他的声音在月光之下倒是显得分外清朗,让她想忽略都忽略不掉,想推也推不开。
梁舒好奇他送的是什么,伸手想要打开看礼盒里面的东西,没想到还能被他制止住。
他攥着她的衣袖,将她的手放在身侧,打消了她猎奇的心态。
“想看回家再看。”
她还想说点什么,倒是先一步果断闭嘴。
若是放在从前,她定是九斤的反骨也要打开看看这里面装的究竟是什么,偏偏这时候她无话可说。
又或许说是说不出话。
晚间到家,梁舒处理文件时,在邮箱中看见那封邮件。
言蔓将白天的文书用邮件给她发了过来,期间后面附上了她的联系方式。
真正加上看着微信头像许久,梁舒才恍然过来言蔓的身份。
谢攸宁的那位夫人,世家出身的小姐,做着的工作应当是珠宝设计,跟他们这个艺术展不搭一点的关系。
席纪南生母未过世的时候,曾经领着她去看珠宝展,听说过言蔓天才设计师的名声。
只是在当时那个时候她并未将两人联想起来。
如今反倒是当起来了项目的领头人。
尽管她说是席纪南帮忙牵线做的,梁舒还是对背后的投资人持有两份考究。
阿香的电话进来,打断了她的思绪。
“开发的事情马上要落户到老房子了,听他们讲的意思是让我们抓紧时间办手续,然后搬出去。”

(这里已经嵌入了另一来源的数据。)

//! What is predicted of an event.
ghost use Rattle.std.specs.Prelude.{◌≡◌, IfSome};
ghost use Rattle.propagation.specs.Events.{event_in, own_in};
ghost use Rattle.propagation.specs.Setters.{IsDelay, IsInstant};
ghost use Rattle.propagation.specs.Rows.{at_time, delayed, governed, outcome, set_delay, told};

use crate::event::Event;
use crate::own::{Own, stated_delay, stated_time};
use crate::row_state::RowState;
use crate::setter::Setter;
use crate::setting::{is_scheduled, is_skipped};
use crate::source::Source;

/// What a row says of an event.
#[derive(Clone, Copy, Debug)]
pub(crate) struct Outcome {
    pub predicted: Option<i128>,
    pub delay: Option<i128>,
    pub source: Source,
    pub state: RowState,
}

/// An event whose time is stated.
fn at_time(source: Source, scheduled: Option<i128>, stated: Option<i32>, time: i64) -> Outcome
    requires { IfSome scheduled IsInstant }
    ensures { result ≡ at_time source scheduled stated time }
{
    let predicted = Some(time as i128);
    match scheduled {
        Some(scheduled) => Outcome {
            predicted,
            delay: Some(time as i128 - scheduled),
            source,
            state: RowState::Predicted,
        },
        None => Outcome {
            predicted,
            delay: match stated {
                Some(delay) => Some(delay as i128),
                None => None,
            },
            source,
            state: RowState::Stated,
        },
    }
}

/// What the update of its stop tells of an event: that it is skipped, or its time.
fn told(event: &Event<'_>, own: Own<'_>) -> Option<Outcome>
    requires { IfSome event.now.scheduled IsInstant }
    ensures { result ≡ told (event_in event.now) (own_in own.entry) }
{
    let source = Source::Update(own.index);
    let relationship = own.update.schedule_relationship;
    if is_skipped(relationship) {
        return Some(Outcome {
            predicted: None,
            delay: None,
            source,
            state: RowState::Skipped,
        });
    }
    if !is_scheduled(relationship) {
        return None;
    }
    let stated = stated_delay(own.update, event.event);
    match stated_time(own.update, event.event) {
        Some(time) => Some(at_time(source, event.scheduled, stated, time)),
        None => None,
    }
}

/// An event with a delay.
fn delayed(source: Source, scheduled: Option<i128>, delay: i128) -> Outcome
    requires scheduled { IfSome scheduled IsInstant }
    requires delay { IsDelay delay }
    ensures { result ≡ delayed source scheduled delay }
{
    match scheduled {
        Some(scheduled) => Outcome {
            predicted: Some(scheduled + delay),
            delay: Some(delay),
            source,
            state: RowState::Predicted,
        },
        None => Outcome {
            predicted: None,
            delay: Some(delay),
            source,
            state: RowState::Untimed,
        },
    }
}

/// An event that a setter governs.
fn set_delay(source: Source, scheduled: Option<i128>, delay: Option<i128>) -> Outcome
    requires scheduled { IfSome scheduled IsInstant }
    requires delay { IfSome delay IsDelay }
    ensures { result ≡ set_delay source scheduled delay }
{
    match delay {
        Some(delay) => delayed(source, scheduled, delay),
        None => Outcome {
            predicted: None,
            delay: None,
            source,
            state: RowState::NoData,
        },
    }
}

/// An event of which its own update tells nothing.
fn governed(scheduled: Option<i128>, setter: Option<Setter>) -> Outcome
    requires scheduled { IfSome scheduled IsInstant }
    requires delay { IfSome setter (λ s. IfSome s.delay IsDelay) }
    ensures { result ≡ governed scheduled setter }
{
    match setter {
        Some(setter) => set_delay(setter.source, scheduled, setter.delay),
        None => Outcome {
            predicted: None,
            delay: None,
            source: Source::Blank,
            state: RowState::Unknown,
        },
    }
}

/// What is predicted of an event that a setter governs.
pub(crate) fn outcome_of(event: &Event<'_>, setter: Option<Setter>) -> Outcome
    requires scheduled { IfSome event.now.scheduled IsInstant }
    requires delay { IfSome setter (λ s. IfSome s.delay IsDelay) }
    ensures { result ≡ outcome (event_in event.now) setter }
{
    let told = match event.own {
        Some(own) => told(event, own),
        None => None,
    };
    match told {
        Some(outcome) => outcome,
        None => governed(event.scheduled, setter),
    }
}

自从她十七岁那年父母因灾害去世后,她被席纪南带回席家名义上被席家收养,老房子的事情一直都是阿香在帮着忙前忙后。
梁舒前两年回去看过一次,阿香将她家中照看的紧,人虽然不在,人情味尚存。
现下阿香的声音透露着几分着急:“其实我觉得他们想要建厂的目的并不准,与其说是建厂倒不如说是想把我们赶出去。”
“阿舒你年开头也回来过,知道现在兴县的真实状态,那些投资商又不是没有脑袋的,哪里会不晓得。”
“昨天林家阿公因为不在协议书上签字,今天的时候阿公便消失了。”
林家阿公在兴县威望颇高,资本这样闹了一通,算的上是激起了民愤。
第二天光天化日之下,承过林阿公恩情的人,纷纷罢签合约。
阿香知道她在外处境并不比他们好到哪里。
如果不是有人知晓席公子早些年跟她扯上过关系的话,这件事儿便也就不了了之,偏偏众人都心知肚明。
梁舒那头沉默了许久。
阿香也知晓她难办,这群有钱人都一副德行,越有钱的面上装的越虚伪,伪善的模样倒是看着好亲近。
背地里怎么编排你是不知道。
“阿舒,要不然就算了吧。”阿香知道那些人的秉性脾气,这个口绝对不会轻易开:“你看你现在在外面生活的好好的,何苦非要卷进来呢?”
这些年资本做过的开发还少吗?形式其实一早就有。
阿香不希望梁舒过的不自在,相反,她有能力翱翔,那便不应该揽下不属于她的活儿。
“阿香,我没事。”
梁舒手边的热水早已放凉了,她用手贴了贴杯壁,眉头微皱,忍不住轻声问:“林阿公这事儿过后,没人去闹?”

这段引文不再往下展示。